Circular Letter: Summer 2002
The Science of the Cross and the Communication of the Holy Spirit
In this is the love, not that we have loved God, but that He has first loved us, and sent His Son a propitiation for our sins.” (1 Jn 4:10)
Imitating the Death of Christ
While it is important to learn to live well, it is equally important to learn to die well. St. Paul exclaims: “For me to live is Christ, and to die is gain” (Phil 1:21). In fact, Jesus makes the two inseparable, since to live in His likeness we have to take up the Cross daily and die to ourselves (cf. Lk 9:23-24). Whoever seeks his life will lose it, and whoever loses it will gain eternal life (cf. Jn 12:25).

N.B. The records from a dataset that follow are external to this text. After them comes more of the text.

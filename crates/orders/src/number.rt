// Unsigned numbers of 8, 32 and 64 bits, as words write them.
ghost use Rattle.std.specs.Prelude.{◌≡◌, ℕ, ◌≤◌};

pub trait Number: Drop {
    // The largest number.
    ghost MOST: { ℕ };

    // A number as the type holds it.
    ghost held: { ℕ → Self };

    const MOST: u64;

    fn hold(number: u64) -> Self
        requires { number ≤ MOST }
        ensures { result ≡ held number };
}

impl Number for u8 {
    ghost MOST = { 255 };

    ghost held = { λ number. number };

    const MOST: u64 = u8::MAX as u64;

    fn hold(number: u64) -> u8 {
        number as u8
    }
}

impl Number for u32 {
    ghost MOST = { 4294967295 };

    ghost held = { λ number. number };

    const MOST: u64 = u32::MAX as u64;

    fn hold(number: u64) -> u32 {
        number as u32
    }
}

impl Number for u64 {
    ghost MOST = { 18446744073709551615 };

    ghost held = { λ number. number };

    const MOST: u64 = u64::MAX;

    fn hold(number: u64) -> u64 {
        number
    }
}
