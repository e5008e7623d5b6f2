// A block as four words, each of four bytes with the first one highest.
ghost use Rattle.std.specs.Prelude.{◌≡◌, ◌+◌, ◌≤◌, take, drop};
ghost use Rattle.aes.specs.Blocks.{block_bytes, word_bytes};
ghost use Rattle.standards.specs.Fips197.{add_round_key};

use standards::bytes_at;
use std::array;
use std::simd::u32x4;

#[derive(Clone, Copy)]
pub struct Block(pub [u32; 4]);

// The word in the four bytes from byte i on.
// Stays: the first byte is the highest here and the lowest in `chacha`; a name for either would be no plainer.
fn word_at(bytes: &[u8; 16], i: usize) -> u32
    requires { i + 4 ≤ 16 }
    ensures { word_bytes result ≡ take 4 (drop i bytes.now) }
{
    u32::from_be_bytes(bytes_at(bytes, i))
}

// Stays: `from_bytes` and `to_bytes` are named as those of words are, by the order of bytes; `From` would say no more.
impl Block {
    pub fn from_bytes(bytes: &[u8; 16]) -> Block
        ensures { block_bytes result ≡ bytes.now }
    {
        Block(array::from_fn(|i| word_at(bytes, 4 * i)))
    }

    pub fn to_bytes(self) -> [u8; 16]
        ensures { result ≡ block_bytes self }
    {
        bytes_at(self.0.map(u32::to_be_bytes).as_flattened(), 0)
    }

    pub fn add_round_key(self, key: Block) -> Block
        ensures { block_bytes result ≡ add_round_key (block_bytes self) (block_bytes key) }
    {
        Block((u32x4::from_array(self.0) ^ u32x4::from_array(key.0)).to_array())
    }
}
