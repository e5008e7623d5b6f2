// The round keys of a key.
ghost use Rattle.aes.specs.Blocks.{Scheduled};

use crate::block::Block;

#[derive(Clone, Copy)]
pub struct RoundKeys {
    pub(crate) keys: [Block; 11],
    ghost scheduled: { Scheduled keys },
}
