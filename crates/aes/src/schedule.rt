// KeyExpansion: each round key from the one before.
ghost use Rattle.std.specs.Prelude.{◌≡◌};
ghost use Rattle.aes.specs.Blocks.{block_bytes, word_bytes, key_at, Scheduled};
ghost use Rattle.standards.specs.Fips197.{next_round_key, schedule_core};

use crate::block::Block;
use crate::tables::substituted;

const RCON: [u8; 10] = [0x01, 0x02, 0x04, 0x08, 0x10, 0x20, 0x40, 0x80, 0x1b, 0x36];

fn schedule_core(w: u32, constant: u8) -> u32
    ensures { word_bytes result ≡ schedule_core constant (word_bytes w) }
{
    let [a, b, c, d] = w.to_be_bytes();
    u32::from_be_bytes([
        substituted(b) ^ constant,
        substituted(c),
        substituted(d),
        substituted(a),
    ])
}

fn next_round_key(key: Block, constant: u8) -> Block
    ensures { block_bytes result ≡ next_round_key constant (block_bytes key) }
{
    let [k, l, m, n] = key.0;
    let a = k ^ schedule_core(n, constant);
    let b = l ^ a;
    let c = m ^ b;
    let d = n ^ c;
    Block([a, b, c, d])
}

pub fn expanded(key: Block) -> [Block; 11]
    ensures first { key_at result 0 ≡ block_bytes key }
    ensures scheduled { Scheduled result }
{
    let mut keys = [key; 11];
    let mut last = key;
    for (round, constant) in RCON.iter().enumerate() {
        last = next_round_key(last, *constant);
        keys[round + 1] = last;
    }
    keys
}
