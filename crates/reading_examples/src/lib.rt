// Worked examples of readings, run as tests.
#![tactic(auto)]

#[cfg(test)]
mod figures;
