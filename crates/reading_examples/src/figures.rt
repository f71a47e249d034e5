// Readings of the bridge in both kinds, and each refusal of a reading.
use books::{OpenBook, SealedBook};
use cards::Card;
use lives::Life;
use measures::Measure;
use numbers::{Count, Residue};
use parts::{PartCount, PartSet};
use products::{ProductKind, blank_products};
use readings::{
    read_covered, read_group, read_group_count, read_must, read_product_worth, read_worth,
};
use refusals::Refusal;
use std::alloc::Global;
use std::process::Abort;
use std::test::Fail;
use weighing::Weighing;

// Enters the paths of the bridge.
fn enter_bridge<K: ProductKind>(book: &mut OpenBook<K>, work: &mut [K]) -> Result<(), Fail> {
    for bits in [0b00011, 0b01100, 0b11001, 0b10110] {
        book.enter(PartSet::try_from(bits)?, work)?;
    }
    Ok(())
}

// The worth of the book with these parts pulled.
fn worth<K: ProductKind, V: Measure>(
    book: &SealedBook<K>,
    works: &[V],
    fails: &[V],
    pulled: u32,
) -> Result<V, Fail> {
    let card = &Card::new(PartSet::try_from(pulled)?);
    let mut place = V::zero();
    read_worth(book, &Weighing { works, fails, card }, &mut place)?;
    Ok(place)
}

// The figures of the bridge in products of the kind.
fn figures<K: ProductKind>(rt: &impl Abort, heap: Global) -> Result<(), Fail> {
    let mut slots = blank_products::<K>(heap, 8)?;
    let mut work = blank_products(heap, 64)?;
    let mut book = OpenBook::new(PartCount::try_from(5)?, slots.as_mut_slice());
    enter_bridge(&mut book, work.as_mut_slice())?;
    let book = &book.seal();
    let ones = [Count::one(); 5];
    assert_eq!(rt; worth(book, &ones, &ones, 0)?, Count::try_from(16)?);
    assert_eq!(rt; worth(book, &ones, &ones, 1)?, Count::try_from(5)?);
    let threes = [Residue::from(3); 5];
    let minus_twos = [Residue::from(2_147_483_645); 5];
    assert_eq!(rt; worth(book, &threes, &minus_twos, 0)?, Residue::from(153));
    let lives = [
        Life::try_from(0.5)?,
        Life::try_from(0.25)?,
        Life::try_from(0.75)?,
        Life::try_from(0.75)?,
        Life::try_from(1.0)?,
    ];
    let whole = [Life::one(); 5];
    assert_eq!(rt; worth(book, &lives, &whole, 0)?, Life::try_from(0.75)?);
    assert_eq!(rt; read_covered(book), 16);
    Ok(())
}

#[test]
fn figures_in_both_kinds(rt: HostRuntime) -> Result<(), Fail> {
    figures::<group::GroupProduct>(&rt, rt.alloc())?;
    figures::<single::SingleProduct>(&rt, rt.alloc())
}

// A book borrows its slots, so each test makes its own.
#[test]
fn products_of_the_bridge(rt: HostRuntime) -> Result<(), Fail> {
    let mut slots = blank_products::<group::GroupProduct>(rt.alloc(), 8)?;
    let mut work = blank_products(rt.alloc(), 64)?;
    let mut book = OpenBook::new(PartCount::try_from(5)?, slots.as_mut_slice());
    enter_bridge(&mut book, work.as_mut_slice())?;
    let book = book.seal();
    assert_eq!(rt; read_must(&book, 2)?.bits(), 0b11001);
    assert_eq!(rt; read_group_count(&book, 2)?, 2);
    assert_eq!(rt; read_group(&book, 2, 1)?.bits(), 0b00100);
    let ones = [Count::one(); 5];
    let weighing = Weighing {
        works: &ones,
        fails: &ones,
        card: &Card::new(PartSet::none()),
    };
    let mut place = Count::zero();
    read_product_worth(&book, 1, &weighing, &mut place)?;
    assert_eq!(rt; place, Count::try_from(6)?);
    Ok(())
}

// The refusal of the book's worth or of a product's, if any, by the number that its table fixes.
fn refused<K: ProductKind>(
    book: &SealedBook<K>,
    product: Option<usize>,
    weighing: &Weighing<Count>,
    place: &mut Count,
) -> Option<u8> {
    let read = match product {
        Some(k) => read_product_worth(book, k, weighing, place),
        None => read_worth(book, weighing, place),
    };
    read.err().map(Refusal::number)
}

#[test]
fn refusals_of_readings(rt: HostRuntime) -> Result<(), Fail> {
    let mut slots = blank_products::<group::GroupProduct>(rt.alloc(), 8)?;
    let mut work = blank_products(rt.alloc(), 64)?;
    let mut book = OpenBook::new(PartCount::try_from(5)?, slots.as_mut_slice());
    enter_bridge(&mut book, work.as_mut_slice())?;
    let book = book.seal();
    let mut place = Count::try_from(7)?;
    let five = [Count::one(); 5];
    let six = [Count::one(); 6];
    let none = Card::new(PartSet::none());
    let outside = Card::new(PartSet::try_from(0b100000)?);
    let weighing = Weighing {
        works: &six,
        fails: &six,
        card: &outside,
    };
    assert!(rt; refused(&book, None, &weighing, &mut place) == Some(31));
    let weighing = Weighing {
        card: &none,
        ..weighing
    };
    assert!(rt; refused(&book, None, &weighing, &mut place) == Some(32));
    let weighing = Weighing {
        works: &five,
        ..weighing
    };
    assert!(rt; refused(&book, Some(9), &weighing, &mut place) == Some(33));
    let weighing = Weighing {
        fails: &five,
        ..weighing
    };
    assert!(rt; refused(&book, Some(4), &weighing, &mut place) == Some(34));
    assert_eq!(rt; place, Count::try_from(7)?);
    assert!(rt; read_must(&book, 4).is_err());
    assert!(rt; read_group_count(&book, 4).is_err());
    let group = read_group(&book, 1, 1).map(PartSet::bits);
    assert!(rt; group.map_err(Refusal::number) == Err(35));
    Ok(())
}
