//! The grammar of conditions and of what they are made of, over tokens, and readers of exactly that.
#![tactic(auto)]

mod condition;
mod reader;

pub use condition::{column, constant, where_part};
pub use reader::{Fault, expect, name, number, skip};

Christ could have redeemed us by each and every deed of His life here on earth, inasmuch as each of these was infinitely meritorious. Notwithstanding, He chose to redeem us by His death on the Cross, in order to overcome in this way the death of man and so reveal the plenitude of His love. Deeply moved at this, St. Paul exclaims: “The love of Christ impels us, because we have come to the conclusion that, since one died for all, therefore all died and that Christ died for all, in order that they who are alive may live no longer for themselves, but for Him Who died for them and rose again” (2 Cor 5:14-15).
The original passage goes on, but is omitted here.